§ What you will do: Find the lines in the records that carry the word "AllocError". Copy each one.

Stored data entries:
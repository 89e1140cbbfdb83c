//! A table of measured packets: its rows, or what is wrong with it.
use crate::fields::{BadMoment, Clock, Moment, whole_number};
use call_script::Plan;
use csv::{Error, ErrorKind, ReaderBuilder, StringRecord};
use net_units::Name;
use network_questions::request_named;
use packet_answers::Promises;
use packet_audit::Row;
use std::alloc::{AllocError, Global};

/// The most lines of a table that are told as bad.
pub const MOST_TOLD: usize = 20;

/// A line of a table that can't be read.
#[derive(Drop)]
pub struct BadLine {
    /// Its number, from 1.
    pub line: u64,
    /// The field, and what would do.
    pub text: String,
}

// Of which line and packet a row is.
#[derive(Clone, Copy)]
pub(crate) struct Measured {
    pub(crate) line: u64,
    pub(crate) name: Name,
    pub(crate) packet: u64,
}

// What was read of a table so far.
#[derive(Drop)]
pub(crate) struct Table {
    pub(crate) rows: Vec<Row>,
    pub(crate) measured: Vec<Measured>,
    // Whether a moment isn't that of a tick.
    pub(crate) is_rounded: bool,
    // The first lines that can't be read, and how many more there are.
    pub(crate) bad: Vec<BadLine>,
    pub(crate) more: usize,
    // How many packets of each request there were.
    counts: Vec<u64>,
}

// The header.
const HEADER: [&'static str; 4] = ["channel", "packet", "sent", "arrived"];

// Reads a table, whose rows are of channels with these promises.
pub(crate) fn read_table(
    alloc: Global,
    plan: &Plan,
    promises: &Promises,
    clock: &Clock,
    bytes: &[u8],
) -> Result<Table, AllocError> {
    let mut table = Table::new(alloc, plan.requests().len())?;
    let mut is_first = true;
    let reader = ReaderBuilder::new()
        .has_headers(false)
        .flexible(true)
        .from_reader(alloc, bytes);
    for record in reader.into_records() {
        match record {
            Ok(record) if is_first => {
                is_first = false;
                if !is_header(&record) {
                    table.tell(line_of(&record), header_text(alloc)?)?;
                    return Ok(table);
                }
            }
            Ok(record) => table.take(alloc, plan, promises, clock, &record)?,
            Err(error) => table.tell_error(alloc, &error)?,
        }
    }
    if is_first && table.bad.is_empty() {
        table.tell(1, header_text(alloc)?)?;
    }
    Ok(table)
}

// Whether a record is the header.
fn is_header(record: &StringRecord) -> bool {
    if record.len() != HEADER.len() {
        return false;
    }
    for place in 0..HEADER.len() {
        if field_at(record, place) != HEADER[place] {
            return false;
        }
    }
    true
}

// What is said of another first line.
fn header_text(alloc: Global) -> Result<String, AllocError> {
    String::from_str(
        alloc,
        "the first line has to be channel,packet,sent,arrived",
    )
}

// The line at which a record begins.
fn line_of(record: &StringRecord) -> u64 {
    match record.position() {
        Some(position) => position.line,
        None => 1,
    }
}

// The field at a place, without spaces around it.
fn field_at(record: &StringRecord, place: usize) -> &str {
    match record.get(place) {
        Some(field) => field.trim(),
        None => "",
    }
}

impl Table {
    // Of no row, for a plan with so many requests.
    fn new(alloc: Global, requests: usize) -> Result<Table, AllocError> {
        Ok(Table {
            rows: Vec::new(alloc),
            measured: Vec::new(alloc),
            is_rounded: false,
            bad: Vec::new(alloc),
            more: 0,
            counts: vec![in alloc; 0; requests]?,
        })
    }

    // Tells that a line can't be read.
    fn tell(&mut self, line: u64, text: String) -> Result<(), AllocError> {
        if self.bad.len() < MOST_TOLD {
            self.bad.push(BadLine { line, text })?;
        } else {
            self.more = self.more.saturating_add(1);
        }
        Ok(())
    }

    // Tells of a record that isn't text.
    fn tell_error(&mut self, alloc: Global, error: &Error) -> Result<(), AllocError> {
        match error.kind() {
            ErrorKind::Utf8 { pos, .. } => {
                let line = match pos {
                    Some(position) => position.line,
                    None => 1,
                };
                self.tell(line, String::from_str(alloc, "the line isn't UTF-8")?)
            }
            _ => Err(AllocError),
        }
    }

    // Takes a record that isn't the header.
    fn take(
        &mut self,
        alloc: Global,
        plan: &Plan,
        promises: &Promises,
        clock: &Clock,
        record: &StringRecord,
    ) -> Result<(), AllocError> {
        let line = line_of(record);
        let count = record.len();
        if count != HEADER.len() {
            let text = format!(in alloc;
                "4 fields are wanted, channel,packet,sent,arrived, and there are {count}"
            )?;
            return self.tell(line, text);
        }
        let Some(name) = Name::new(field_at(record, 0).as_bytes()) else {
            return self.tell(line, bad_field(alloc, record, 0, NAME_CURE)?);
        };
        let Some(packet) = whole_number(field_at(record, 1)) else {
            return self.tell(line, bad_field(alloc, record, 1, PACKET_CURE)?);
        };
        let number = request_named(plan, &name);
        if let Some(wanted) = self.count(number, packet) {
            let text = format!(in alloc;
                "packet {packet}: the next packet of this channel is {wanted}; they are numbered from 1, in the order in which they are sent"
            )?;
            return self.tell(line, text);
        }
        match moments_of(alloc, clock, record)? {
            Ok((sent, arrived)) => {
                let channel = match number {
                    Some(number) => promises.place(number),
                    None => usize::MAX,
                };
                self.push(
                    clock,
                    channel,
                    Measured { line, name, packet },
                    sent,
                    arrived,
                )
            }
            Err(text) => self.tell(line, text),
        }
    }

    // Counts a packet of a request, and answers which number it should have had, where it has another.
    fn count(&mut self, request: Option<usize>, packet: u64) -> Option<u64> {
        let number = request?;
        let count = self.counts.get_mut(number)?;
        let wanted = count.saturating_add(1);
        *count = packet;
        if packet == wanted { None } else { Some(wanted) }
    }

    // Adds a row.
    fn push(
        &mut self,
        clock: &Clock,
        channel: usize,
        measured: Measured,
        sent: Moment,
        arrived: Moment,
    ) -> Result<(), AllocError> {
        if !clock.is_whole(sent) || !clock.is_whole(arrived) {
            self.is_rounded = true;
        }
        self.rows.push(clock.row(channel, sent, arrived))?;
        self.measured.push(measured)?;
        Ok(())
    }
}

// What would do in place of a field.
const NAME_CURE: &'static str =
    "a name is a letter followed by letters, digits and _, at most 16 characters in all";

const PACKET_CURE: &'static str =
    "packets are numbered from 1, in the order in which they are sent";

const MOMENT_CURE: &'static str =
    "a moment is a whole number of ticks, of at most 18 digits, or a number with a unit, as 1.25 ms";

const TICK_CURE: &'static str =
    "how long a tick is isn't known, so a moment is a whole number of ticks; a note # tick 10 us in the scenario would say it";

// The moments of a record, or what is wrong with them.
fn moments_of(
    alloc: Global,
    clock: &Clock,
    record: &StringRecord,
) -> Result<Result<(Moment, Moment), String>, AllocError> {
    let sent = match clock.moment(field_at(record, 2)) {
        Ok(sent) => sent,
        Err(bad) => return Ok(Err(bad_field(alloc, record, 2, cure_of(bad))?)),
    };
    match clock.moment(field_at(record, 3)) {
        Ok(arrived) => Ok(Ok((sent, arrived))),
        Err(bad) => Ok(Err(bad_field(alloc, record, 3, cure_of(bad))?)),
    }
}

// What would do in place of a field that is no moment.
fn cure_of(bad: BadMoment) -> &'static str {
    match bad {
        BadMoment::Text => MOMENT_CURE,
        BadMoment::NoTick => TICK_CURE,
    }
}

// What is said of a field.
fn bad_field(
    alloc: Global,
    record: &StringRecord,
    place: usize,
    cure: &str,
) -> Result<String, AllocError> {
    let label = match HEADER.get(place) {
        Some(label) => *label,
        None => "",
    };
    let field = field_at(record, place);
    format!(in alloc; "{label} {field}: {cure}")
}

§ Response for this exercise:
use std::alloc::{AllocError, Global};
) -> Result<Table, AllocError> {
fn header_text(alloc: Global) -> Result<String, AllocError> {
    fn new(alloc: Global, requests: usize) -> Result<Table, AllocError> {
    fn tell(&mut self, line: u64, text: String) -> Result<(), AllocError> {
    fn tell_error(&mut self, alloc: Global, error: &Error) -> Result<(), AllocError> {
            _ => Err(AllocError),
    ) -> Result<(), AllocError> {
    ) -> Result<(), AllocError> {
) -> Result<Result<(Moment, Moment), String>, AllocError> {
) -> Result<String, AllocError> {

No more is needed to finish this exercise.